Task details:
Copy out each line of the data holding "answered".

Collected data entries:
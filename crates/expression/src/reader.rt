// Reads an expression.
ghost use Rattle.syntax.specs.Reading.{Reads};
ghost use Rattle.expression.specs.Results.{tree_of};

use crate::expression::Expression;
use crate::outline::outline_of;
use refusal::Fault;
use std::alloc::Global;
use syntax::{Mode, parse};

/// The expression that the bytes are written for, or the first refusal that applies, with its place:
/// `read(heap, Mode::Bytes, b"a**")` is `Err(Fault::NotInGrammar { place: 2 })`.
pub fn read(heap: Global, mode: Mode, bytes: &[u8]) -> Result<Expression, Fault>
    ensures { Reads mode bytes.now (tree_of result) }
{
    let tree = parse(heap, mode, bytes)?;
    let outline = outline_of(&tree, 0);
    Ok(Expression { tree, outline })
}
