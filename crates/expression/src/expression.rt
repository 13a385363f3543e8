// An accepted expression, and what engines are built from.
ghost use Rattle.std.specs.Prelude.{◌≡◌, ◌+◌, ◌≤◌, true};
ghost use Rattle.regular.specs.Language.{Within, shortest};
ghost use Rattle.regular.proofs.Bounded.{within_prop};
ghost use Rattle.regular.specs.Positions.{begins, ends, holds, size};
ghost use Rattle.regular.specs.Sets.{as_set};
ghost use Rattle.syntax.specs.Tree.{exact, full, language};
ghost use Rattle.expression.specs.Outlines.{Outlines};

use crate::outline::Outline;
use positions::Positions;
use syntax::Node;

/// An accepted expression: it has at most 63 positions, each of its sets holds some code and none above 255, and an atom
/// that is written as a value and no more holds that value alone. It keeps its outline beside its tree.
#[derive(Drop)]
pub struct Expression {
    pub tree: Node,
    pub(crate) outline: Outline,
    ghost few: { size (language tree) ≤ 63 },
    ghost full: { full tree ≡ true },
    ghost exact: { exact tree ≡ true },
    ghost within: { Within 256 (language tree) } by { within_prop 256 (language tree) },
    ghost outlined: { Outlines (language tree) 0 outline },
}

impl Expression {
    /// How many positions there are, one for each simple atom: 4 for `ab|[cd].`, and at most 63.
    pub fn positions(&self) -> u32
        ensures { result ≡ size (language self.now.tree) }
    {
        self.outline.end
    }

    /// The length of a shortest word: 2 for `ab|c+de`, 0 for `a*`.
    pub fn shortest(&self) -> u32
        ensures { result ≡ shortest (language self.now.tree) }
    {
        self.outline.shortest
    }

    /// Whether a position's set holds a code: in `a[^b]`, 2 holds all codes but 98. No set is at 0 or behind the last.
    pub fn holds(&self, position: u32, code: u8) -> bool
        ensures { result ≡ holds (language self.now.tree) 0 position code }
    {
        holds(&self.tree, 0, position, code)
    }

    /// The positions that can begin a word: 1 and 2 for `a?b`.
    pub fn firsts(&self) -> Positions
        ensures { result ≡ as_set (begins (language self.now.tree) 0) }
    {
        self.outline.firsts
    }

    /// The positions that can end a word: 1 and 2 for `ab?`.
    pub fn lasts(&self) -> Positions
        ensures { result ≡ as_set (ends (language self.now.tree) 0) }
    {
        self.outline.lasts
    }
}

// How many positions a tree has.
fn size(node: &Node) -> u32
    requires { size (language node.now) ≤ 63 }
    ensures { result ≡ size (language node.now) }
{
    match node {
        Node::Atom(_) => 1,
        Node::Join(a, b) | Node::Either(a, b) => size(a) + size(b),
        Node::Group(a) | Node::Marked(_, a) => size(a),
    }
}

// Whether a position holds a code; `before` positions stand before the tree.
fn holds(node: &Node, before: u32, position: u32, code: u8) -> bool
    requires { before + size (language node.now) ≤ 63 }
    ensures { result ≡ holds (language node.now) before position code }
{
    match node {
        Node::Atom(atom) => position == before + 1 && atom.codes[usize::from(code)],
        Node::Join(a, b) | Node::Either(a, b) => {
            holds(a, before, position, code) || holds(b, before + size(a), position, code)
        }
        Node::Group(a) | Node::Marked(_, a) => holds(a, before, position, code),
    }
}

...

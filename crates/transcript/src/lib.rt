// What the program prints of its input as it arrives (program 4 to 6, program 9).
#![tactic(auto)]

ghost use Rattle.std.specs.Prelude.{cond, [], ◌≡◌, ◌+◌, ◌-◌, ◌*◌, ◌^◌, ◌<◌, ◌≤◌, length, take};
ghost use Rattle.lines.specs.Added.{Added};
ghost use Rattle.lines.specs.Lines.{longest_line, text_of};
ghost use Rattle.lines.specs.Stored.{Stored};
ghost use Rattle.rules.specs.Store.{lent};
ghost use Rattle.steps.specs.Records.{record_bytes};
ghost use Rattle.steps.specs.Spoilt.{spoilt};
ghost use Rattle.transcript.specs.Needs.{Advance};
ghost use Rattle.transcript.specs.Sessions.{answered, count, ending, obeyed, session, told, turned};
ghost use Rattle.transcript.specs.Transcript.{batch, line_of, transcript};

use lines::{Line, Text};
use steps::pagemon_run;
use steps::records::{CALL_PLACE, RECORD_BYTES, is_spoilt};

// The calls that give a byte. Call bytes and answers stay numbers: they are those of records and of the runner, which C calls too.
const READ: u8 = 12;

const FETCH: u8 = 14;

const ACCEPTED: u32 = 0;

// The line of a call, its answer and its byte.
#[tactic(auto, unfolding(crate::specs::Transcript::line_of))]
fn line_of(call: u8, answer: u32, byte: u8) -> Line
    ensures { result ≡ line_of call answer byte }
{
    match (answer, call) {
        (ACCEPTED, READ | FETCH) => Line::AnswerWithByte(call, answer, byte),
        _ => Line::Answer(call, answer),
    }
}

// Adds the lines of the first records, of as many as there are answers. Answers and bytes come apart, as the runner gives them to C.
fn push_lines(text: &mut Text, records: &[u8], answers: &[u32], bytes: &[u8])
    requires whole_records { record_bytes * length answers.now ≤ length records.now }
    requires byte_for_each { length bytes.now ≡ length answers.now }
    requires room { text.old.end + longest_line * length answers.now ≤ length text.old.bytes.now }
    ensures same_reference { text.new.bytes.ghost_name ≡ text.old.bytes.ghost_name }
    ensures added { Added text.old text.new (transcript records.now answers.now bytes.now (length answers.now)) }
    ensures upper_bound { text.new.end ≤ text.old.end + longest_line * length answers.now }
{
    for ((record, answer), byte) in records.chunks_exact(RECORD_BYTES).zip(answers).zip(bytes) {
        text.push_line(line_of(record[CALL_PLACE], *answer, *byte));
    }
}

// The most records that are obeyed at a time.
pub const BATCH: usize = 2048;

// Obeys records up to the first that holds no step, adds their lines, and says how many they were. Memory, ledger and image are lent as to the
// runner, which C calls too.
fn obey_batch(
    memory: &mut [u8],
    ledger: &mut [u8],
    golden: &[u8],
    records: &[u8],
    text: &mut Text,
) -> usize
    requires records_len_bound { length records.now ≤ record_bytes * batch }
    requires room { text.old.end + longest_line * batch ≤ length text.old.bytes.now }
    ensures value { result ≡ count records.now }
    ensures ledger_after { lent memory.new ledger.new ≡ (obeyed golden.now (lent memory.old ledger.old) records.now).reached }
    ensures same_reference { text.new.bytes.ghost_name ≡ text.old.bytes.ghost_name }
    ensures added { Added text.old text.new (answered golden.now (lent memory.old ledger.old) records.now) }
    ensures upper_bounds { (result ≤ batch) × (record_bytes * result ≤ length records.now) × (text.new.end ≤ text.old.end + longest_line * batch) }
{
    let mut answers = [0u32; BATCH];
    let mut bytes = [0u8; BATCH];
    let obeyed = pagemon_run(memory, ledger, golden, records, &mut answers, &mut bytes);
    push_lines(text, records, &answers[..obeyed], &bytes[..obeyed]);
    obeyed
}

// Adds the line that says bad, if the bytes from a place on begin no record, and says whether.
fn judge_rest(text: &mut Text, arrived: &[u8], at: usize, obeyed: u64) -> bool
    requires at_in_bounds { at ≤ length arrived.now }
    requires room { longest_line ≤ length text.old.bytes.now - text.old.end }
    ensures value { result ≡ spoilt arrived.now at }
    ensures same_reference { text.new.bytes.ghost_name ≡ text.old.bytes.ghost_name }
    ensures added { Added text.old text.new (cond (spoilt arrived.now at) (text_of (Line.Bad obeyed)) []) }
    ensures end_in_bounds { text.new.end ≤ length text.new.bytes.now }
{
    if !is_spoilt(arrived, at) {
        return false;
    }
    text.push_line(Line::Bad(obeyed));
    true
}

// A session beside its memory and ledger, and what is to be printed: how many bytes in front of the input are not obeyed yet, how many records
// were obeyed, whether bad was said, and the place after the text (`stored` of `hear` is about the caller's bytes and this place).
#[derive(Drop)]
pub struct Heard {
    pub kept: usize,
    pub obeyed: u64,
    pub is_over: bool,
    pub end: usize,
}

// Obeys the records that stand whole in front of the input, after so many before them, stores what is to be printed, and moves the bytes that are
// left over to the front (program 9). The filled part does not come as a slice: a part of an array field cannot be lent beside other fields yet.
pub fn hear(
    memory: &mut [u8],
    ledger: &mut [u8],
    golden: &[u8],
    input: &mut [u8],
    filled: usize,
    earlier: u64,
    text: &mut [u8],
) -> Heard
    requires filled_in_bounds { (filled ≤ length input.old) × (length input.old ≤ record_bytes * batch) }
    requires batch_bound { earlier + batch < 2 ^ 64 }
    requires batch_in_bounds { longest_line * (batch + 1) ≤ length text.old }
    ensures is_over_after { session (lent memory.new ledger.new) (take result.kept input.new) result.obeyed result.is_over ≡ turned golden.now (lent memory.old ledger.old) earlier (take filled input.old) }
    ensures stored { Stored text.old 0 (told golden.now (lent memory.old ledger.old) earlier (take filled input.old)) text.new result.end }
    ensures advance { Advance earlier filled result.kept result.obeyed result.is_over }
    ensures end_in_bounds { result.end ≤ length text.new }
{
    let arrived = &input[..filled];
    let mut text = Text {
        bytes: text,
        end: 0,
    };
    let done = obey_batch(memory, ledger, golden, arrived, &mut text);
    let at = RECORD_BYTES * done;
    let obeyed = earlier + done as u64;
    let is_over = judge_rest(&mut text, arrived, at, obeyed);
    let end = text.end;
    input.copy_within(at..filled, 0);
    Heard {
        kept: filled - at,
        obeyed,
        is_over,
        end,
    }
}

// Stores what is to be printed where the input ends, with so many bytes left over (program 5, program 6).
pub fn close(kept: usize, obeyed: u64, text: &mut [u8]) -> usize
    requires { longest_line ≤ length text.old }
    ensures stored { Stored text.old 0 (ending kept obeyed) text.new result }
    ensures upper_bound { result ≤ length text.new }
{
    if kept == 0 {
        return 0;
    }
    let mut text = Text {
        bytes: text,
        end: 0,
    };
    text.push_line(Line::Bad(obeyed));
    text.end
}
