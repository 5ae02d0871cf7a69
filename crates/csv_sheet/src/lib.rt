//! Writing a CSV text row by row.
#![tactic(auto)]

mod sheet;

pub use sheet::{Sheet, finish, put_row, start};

--

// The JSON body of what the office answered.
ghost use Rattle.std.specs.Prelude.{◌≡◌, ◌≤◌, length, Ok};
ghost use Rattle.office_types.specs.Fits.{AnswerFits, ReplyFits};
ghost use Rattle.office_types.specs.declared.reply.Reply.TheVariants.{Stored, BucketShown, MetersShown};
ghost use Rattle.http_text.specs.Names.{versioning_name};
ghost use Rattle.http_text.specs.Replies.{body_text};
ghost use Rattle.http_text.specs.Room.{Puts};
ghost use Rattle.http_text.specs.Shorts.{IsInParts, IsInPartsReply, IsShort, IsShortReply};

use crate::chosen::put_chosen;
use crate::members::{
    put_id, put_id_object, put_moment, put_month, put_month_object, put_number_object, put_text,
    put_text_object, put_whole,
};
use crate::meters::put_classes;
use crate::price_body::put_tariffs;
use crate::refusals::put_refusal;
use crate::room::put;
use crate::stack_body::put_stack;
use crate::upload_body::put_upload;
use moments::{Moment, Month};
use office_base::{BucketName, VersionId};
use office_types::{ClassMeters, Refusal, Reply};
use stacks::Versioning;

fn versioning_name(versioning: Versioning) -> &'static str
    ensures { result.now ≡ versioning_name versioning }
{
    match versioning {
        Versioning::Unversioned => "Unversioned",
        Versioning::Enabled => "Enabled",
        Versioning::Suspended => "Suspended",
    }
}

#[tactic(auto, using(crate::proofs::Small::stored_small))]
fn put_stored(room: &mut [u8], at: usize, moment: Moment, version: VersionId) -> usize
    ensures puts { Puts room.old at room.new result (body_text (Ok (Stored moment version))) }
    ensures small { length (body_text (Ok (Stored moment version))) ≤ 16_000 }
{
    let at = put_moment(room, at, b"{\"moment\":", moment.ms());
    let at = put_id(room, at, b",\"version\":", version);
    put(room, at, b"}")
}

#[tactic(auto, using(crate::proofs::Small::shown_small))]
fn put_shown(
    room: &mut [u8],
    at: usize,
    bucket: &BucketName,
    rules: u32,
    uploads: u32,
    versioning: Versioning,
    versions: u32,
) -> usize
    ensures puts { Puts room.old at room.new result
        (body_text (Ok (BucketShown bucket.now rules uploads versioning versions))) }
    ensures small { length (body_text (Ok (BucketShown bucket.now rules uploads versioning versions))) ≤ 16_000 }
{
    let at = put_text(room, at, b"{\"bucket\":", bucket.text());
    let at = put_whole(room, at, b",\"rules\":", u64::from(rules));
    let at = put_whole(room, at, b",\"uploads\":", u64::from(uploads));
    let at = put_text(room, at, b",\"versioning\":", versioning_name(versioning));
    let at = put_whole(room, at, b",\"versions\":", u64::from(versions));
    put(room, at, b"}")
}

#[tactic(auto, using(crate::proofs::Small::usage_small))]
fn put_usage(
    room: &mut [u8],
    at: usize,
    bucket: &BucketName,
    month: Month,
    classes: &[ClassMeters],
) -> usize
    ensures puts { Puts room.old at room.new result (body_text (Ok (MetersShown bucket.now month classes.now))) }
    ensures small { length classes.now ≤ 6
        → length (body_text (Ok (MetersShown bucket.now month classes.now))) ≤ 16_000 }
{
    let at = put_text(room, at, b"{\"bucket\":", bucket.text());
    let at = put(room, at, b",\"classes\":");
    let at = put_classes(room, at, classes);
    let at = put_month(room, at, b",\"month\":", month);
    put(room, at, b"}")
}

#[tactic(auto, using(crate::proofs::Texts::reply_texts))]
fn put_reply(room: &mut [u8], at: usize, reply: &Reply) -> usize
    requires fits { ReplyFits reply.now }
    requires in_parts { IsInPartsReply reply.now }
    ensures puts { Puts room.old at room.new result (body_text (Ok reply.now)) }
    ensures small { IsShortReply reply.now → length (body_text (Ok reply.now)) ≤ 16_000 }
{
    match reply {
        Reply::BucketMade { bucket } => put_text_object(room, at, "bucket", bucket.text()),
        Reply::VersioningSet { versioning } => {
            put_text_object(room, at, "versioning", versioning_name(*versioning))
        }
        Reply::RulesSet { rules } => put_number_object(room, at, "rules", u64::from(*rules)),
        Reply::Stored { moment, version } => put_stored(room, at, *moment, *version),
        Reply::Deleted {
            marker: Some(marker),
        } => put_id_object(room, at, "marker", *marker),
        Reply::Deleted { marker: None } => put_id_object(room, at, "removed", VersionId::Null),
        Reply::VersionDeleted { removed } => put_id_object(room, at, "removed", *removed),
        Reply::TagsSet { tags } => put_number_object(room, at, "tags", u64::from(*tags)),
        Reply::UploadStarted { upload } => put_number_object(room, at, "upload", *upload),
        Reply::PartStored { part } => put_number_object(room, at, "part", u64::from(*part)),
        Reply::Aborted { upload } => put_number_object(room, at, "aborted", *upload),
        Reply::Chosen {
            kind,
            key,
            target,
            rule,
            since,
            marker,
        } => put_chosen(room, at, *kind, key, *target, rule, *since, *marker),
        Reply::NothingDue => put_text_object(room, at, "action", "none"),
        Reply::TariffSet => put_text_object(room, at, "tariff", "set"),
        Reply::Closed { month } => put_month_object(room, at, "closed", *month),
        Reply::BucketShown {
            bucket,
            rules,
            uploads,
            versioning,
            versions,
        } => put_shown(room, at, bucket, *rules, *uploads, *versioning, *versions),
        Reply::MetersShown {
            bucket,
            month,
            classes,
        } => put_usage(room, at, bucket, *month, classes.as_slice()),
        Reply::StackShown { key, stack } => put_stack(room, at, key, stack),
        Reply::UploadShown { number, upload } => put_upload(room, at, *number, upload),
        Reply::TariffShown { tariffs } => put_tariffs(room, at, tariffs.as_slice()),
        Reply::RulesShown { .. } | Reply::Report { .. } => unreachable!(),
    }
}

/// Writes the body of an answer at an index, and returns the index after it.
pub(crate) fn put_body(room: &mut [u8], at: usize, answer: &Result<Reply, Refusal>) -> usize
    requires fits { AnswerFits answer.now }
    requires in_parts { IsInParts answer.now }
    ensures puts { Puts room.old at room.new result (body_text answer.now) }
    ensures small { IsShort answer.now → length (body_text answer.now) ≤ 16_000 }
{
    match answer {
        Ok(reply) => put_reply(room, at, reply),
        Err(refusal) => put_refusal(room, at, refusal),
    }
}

Solution below:
ghost use Rattle.transcript.specs.Sessions.{answered, count, ending, obeyed, session, told, turned};
    ensures added { Added text.old text.new (answered golden.now (lent memory.old ledger.old) records.now) }
// The JSON body of what the office answered.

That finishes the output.